# Woodburning straight lines



## EnRouteWoodcrafts (Oct 23, 2012)

I have been woodburning for a while now and feel like im pretty good at it but the problem im having most is trying to get a thin straight line with one of the thin pointed tips. Any advice on how to make my thin lines look straight and not wobbly?
Thanks


----------



## Iceman567 (Apr 29, 2012)

A few possibilities. Not sure what you are burning the lines into. A small V-gouge and using a straight edge, carve a very shallow v-groove and burn that. Or use a wooden ruler with the _thin_ metal strip on the edge. Too much metal will draw the heat out of your tip.

Good luck.


----------



## Galaktia (Jan 18, 2013)

Hello Enroute, 

A couple of things that I have used. A pre-drawn line drawn with a graphite pencil, or patterned onto your design using a laser printed line and a patterning bit/heat bit, or a household iron gives you a line to follow and goes will with tracing skill.

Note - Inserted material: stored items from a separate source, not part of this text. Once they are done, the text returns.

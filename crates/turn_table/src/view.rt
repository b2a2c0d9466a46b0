// What a seat knows, as plain data. No value of these types is ever made: they are the types of the views that
// clauses speak of.
use atomic_table::Badge;
use std::collections::LinkedList;

/// A call of the history: the desk number that signs it, which a hand's call has not, and the call with its reply.
pub struct Entry<T> {
    pub by: Option<u32>,
    pub told: T,
}

/// One desk number that a desk stands for, with the numbered calls under it, in the order of the history.
pub struct Part<T> {
    pub number: u32,
    pub mine: LinkedList<Entry<T>>,
}

/// A desk's own calls: a part for each desk number that it stands for. The first number signs its calls, and the
/// others are those of the desks that were ended into it.
pub struct DeskRole<T> {
    pub parts: LinkedList<Part<T>>,
}

/// A hand and its number.
pub struct HandRole {
    pub number: u32,
}

/// The numbers that `TurnTable::new` has not given out yet: desks from `desk` up to `desks`, and hands from `hand` up
/// to `hands`.
pub struct Dealer {
    pub desk: u32,
    pub desks: u32,
    pub hand: u32,
    pub hands: u32,
}

/// What a seat stands for. `Nothing` is a seat that is spent.
pub enum Role<T> {
    Desk(DeskRole<T>),
    Hand(HandRole),
    Deals(Dealer),
    Nothing,
}

/// What the holder of the lock knows besides: the object's state, and the number of the hand that it made, if any.
pub struct Holding<S> {
    pub state: S,
    pub made: Option<u32>,
}

/// What a seat knows: the beginning of the history that it has seen, what it stands for, and, while it holds the lock,
/// what it knows of the object. `heard` is what a seat had seen that was just taken in, and is empty at all other
/// times.
pub struct View<T, S> {
    pub seen: LinkedList<Entry<T>>,
    pub heard: LinkedList<Entry<T>>,
    pub role: Role<T>,
    pub holds: Option<Holding<S>>,
}

/// A desk, from which a session calls. It has no bytes, and can go to another thread.
pub type Desk<T, S> = Badge<View<T, S>>;

/// A hand's seat. It has no bytes, and can go to another thread.
pub type HandSeat<T, S> = Badge<View<T, S>>;
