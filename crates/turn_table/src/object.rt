// What lies under the lock, and what its calls can do there.
ghost use Rattle.std.specs.Prelude.{◌≡◌, ℕ, Bool, true, Option, None, Some, IfOk, IfErr, IsOk, MatchOption, [], ◌∷◌};
ghost use Rattle.atomic_table.specs.Seated.{TableId};
ghost use Rattle.turn_table.specs.declared.view.View.{View};
ghost use Rattle.turn_table.specs.Meaning.{Meaning, MayFollow, HasRoom};
ghost use Rattle.turn_table.specs.Views.{holding};
ghost use Rattle.turn_table.specs.Turns.{About, IsReady, MayMake, maker, new_hand, made_of, Outs};

use crate::view::HandSeat;
use points::NoMemory;

/// What a call can do while it has the lock. This crate has its one implementation.
pub trait Turn<O: Object> {
    ghost about: { Self → About O };

    ghost view: { Self → View O.Told O.State };

    /// Makes a hand, which gets the lowest number that isn't out. One hold makes at most one.
    fn make_hand(&mut self) -> Result<HandSeat<O::Told, O::State>, NoMemory>
        requires ready { IsReady (about self.old) }
        requires room { MayMake O.meaning (view self.old) }
        ensures same { about self.new ≡ about self.old }
        ensures ok { IfOk result (λ h. (h.views ≡ new_hand O.meaning (view self.old) ∷ []) × (h.table_id ≡ (about self.old).table) × (view self.new ≡ maker O.meaning (view self.old))) }
        ensures err { IfErr result (λ _. view self.new ≡ view self.old) };
}

/// What lies under the lock of a `TurnTable`, with the calls that it takes.
pub trait Object: Send + Drop {
    /// A call, with what it is given.
    type Call: Drop;

    /// What a call answers.
    type Reply: Drop;

    /// A call with its reply, as plain data: an entry of the history. No value of it is made.
    type Told;

    /// The object's state, as plain data. No value of it is made.
    type State;

    ghost state: { Self → Self.State };

    // The entry that a call makes with its reply.
    ghost told: { Self.Call → Self.Reply → Self.Told };

    // What calls make of a state, which of them are numbered, and which hands are out.
    ghost meaning: { Meaning Self.Told Self.State };

    // The relation between a state and an entry whose reply the state doesn't fix.
    ghost Meets: { Self.State → Self.Told → Type 0 };

    // The hand number that a call gives back.
    ghost back: { Self.Call → Option ℕ };

    // Whether a call takes no memory.
    ghost is_free: { Self.Call → Bool };

    // The seat of the hand that a reply has: its table and its view.
    ghost given: { Self.Reply → Option (TableId × View Self.Told Self.State) };

    /// Plays one call. An `Err` is want of memory, and hands the call back.
    fn play<T: Turn<Self>>(
        &mut self,
        turn: &mut T,
        call: Self::Call,
    ) -> Result<Self::Reply, Self::Call>
        requires ready { IsReady (T.about turn.old) }
        requires held { (T.view turn.old).holds ≡ holding (state self.old) None }
        ensures same { T.about turn.new ≡ T.about turn.old }
        ensures ok { IfOk result (λ r. MayFollow meaning Meets (state self.old) (told call r) × (state self.new ≡ meaning.after (state self.old) (told call r))) }
        ensures hand { IfOk result (λ r. MatchOption (given r) (T.view turn.new ≡ T.view turn.old) (λ h. (h ≡ ((T.about turn.old).table, new_hand meaning (T.view turn.old))) × (T.view turn.new ≡ maker meaning (T.view turn.old)) × HasRoom meaning (state self.old))) }
        ensures outs { IfOk result (λ r. Outs meaning (state self.old) (made_of (T.view turn.new)) (back call) (state self.new)) }
        ensures err { IfErr result (λ c. (c ≡ call) × (state self.new ≡ state self.old) × (T.view turn.new ≡ T.view turn.old)) }
        ensures free { is_free call ≡ true → IsOk result };

    // What a call makes of it at a state doesn't depend on the reply that stands in the entry.
    ghost by_call: { (x : Self.State) (c : Self.Call) (r s : Self.Reply) → meaning.next x (told c r) ≡ meaning.next x (told c s) };
}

As iceman said metal will draw heat from the tip and wood will burn, but if you raise a small metal bar up so it is touching the pyro-pen shaft above the tip it doesn't cool the tip and can act as a guide, raised up and clamped on two short wooden blocks, can give a good mount.

And of course remember it's easier to draw a straight line if you're drawing it diagonally towards your dominant hands side (motor neuron theory) rather than drawing one across or straight down from your bodies perspective. So rotating the piece to the right angle can help.


----------